The self-correcting medium
: Citizens’ media both spreads rumors and debunks them. Citizens’ media also forces mainstream media to cover stories it may not otherwise cover. There’s an example of all this in Baltimore after online postings alleging that the mayor, Martin O’Malley, had an affair.
Another person posting about the topic was revealed this week to be Joseph Steffen, a longtime political operative for O’Malley’s political rival, Gov. Robert L. Ehrlich Jr.
That story, and Steffen’s resignation, broke in the mainstream media. But it highlights how Web sites – with their freewheeling rumors and rants – increasingly are forcing more traditional news institutions to write articles that otherwise wouldn’t see the light of day.
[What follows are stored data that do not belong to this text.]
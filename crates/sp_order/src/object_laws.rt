//! The laws of named objects. Each is the contract of a function that does nothing.
ghost use Rattle.std.specs.Prelude.{◌≡◌, ℕ, ◌<◌, ◌≤◌, List, length, map};
ghost use Rattle.std.specs.List.{AllByRecursion};
ghost use Rattle.seq_objects.specs.declared.act.Act.{Act};
ghost use Rattle.seq_objects.specs.declared.op.Op.{Op};
ghost use Rattle.seq_objects.specs.Batches.{kind_of};
ghost use Rattle.seq_objects.specs.Objects.{number_of};
ghost use Rattle.sp_order.specs.Objects.{number_in, AreNamed, AreNumbered, AreUnnamed, IsFirstUsed, with_numbers};
ghost use Rattle.sp_order.specs.Sources.{with_argument};

/// Where the objects of a job are named, no number is above the count of the names, and each from 1 to that count is a
/// call's, before which all numbers are lower. Without names all numbers are 0.
pub fn named_numbers_are_by_first_use()
    ensures most { (acts : List Act) (names : List (List ℕ)) → AreNamed acts names
        → AllByRecursion (λ act. number_in act ≤ length names) acts }
    ensures each { (acts : List Act) (names : List (List ℕ)) (number : ℕ) → AreNamed acts names
        → 0 < number → number ≤ length names → IsFirstUsed acts number }
    ensures none { (acts : List Act) (names : List (List ℕ)) → AreNamed acts names
        → length names ≡ 0 → AreUnnamed acts }
{}

/// The numbers that a job's acts are given are those of their calls.
pub fn given_numbers_are_the_calls()
    ensures { (acts : List Act) (numbers : List ℕ) (names : List (List ℕ)) → AreNumbered acts numbers names
        → map (λ act. number_in act) (with_numbers acts numbers) ≡ numbers }
{}

/// Another argument leaves an operation at its object.
pub fn arguments_keep_objects()
    ensures number { (op : Op) (argument : ℕ) → number_of (with_argument op argument) ≡ number_of op }
    ensures kind { (op : Op) (argument : ℕ) → kind_of (with_argument op argument) ≡ kind_of op }
{}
Rumors of O’Malley’s alleged infidelity have long circulated in Baltimore but were not printed in such daily newspapers as The Sun or The Washington Post. It took postings on the Free Republic site, based in Fresno, Calif., to bring that gossip into the local papers of public record, as part of the story of a state official’s resignation for helping to spread such chatter….
The Web site’s treatment of the O’Malley rumor and the 60 Minutes report underscores the dual nature of this new form of communication, which traffics in unsubstantiated rumors but can also serve as a check on the mainstream media.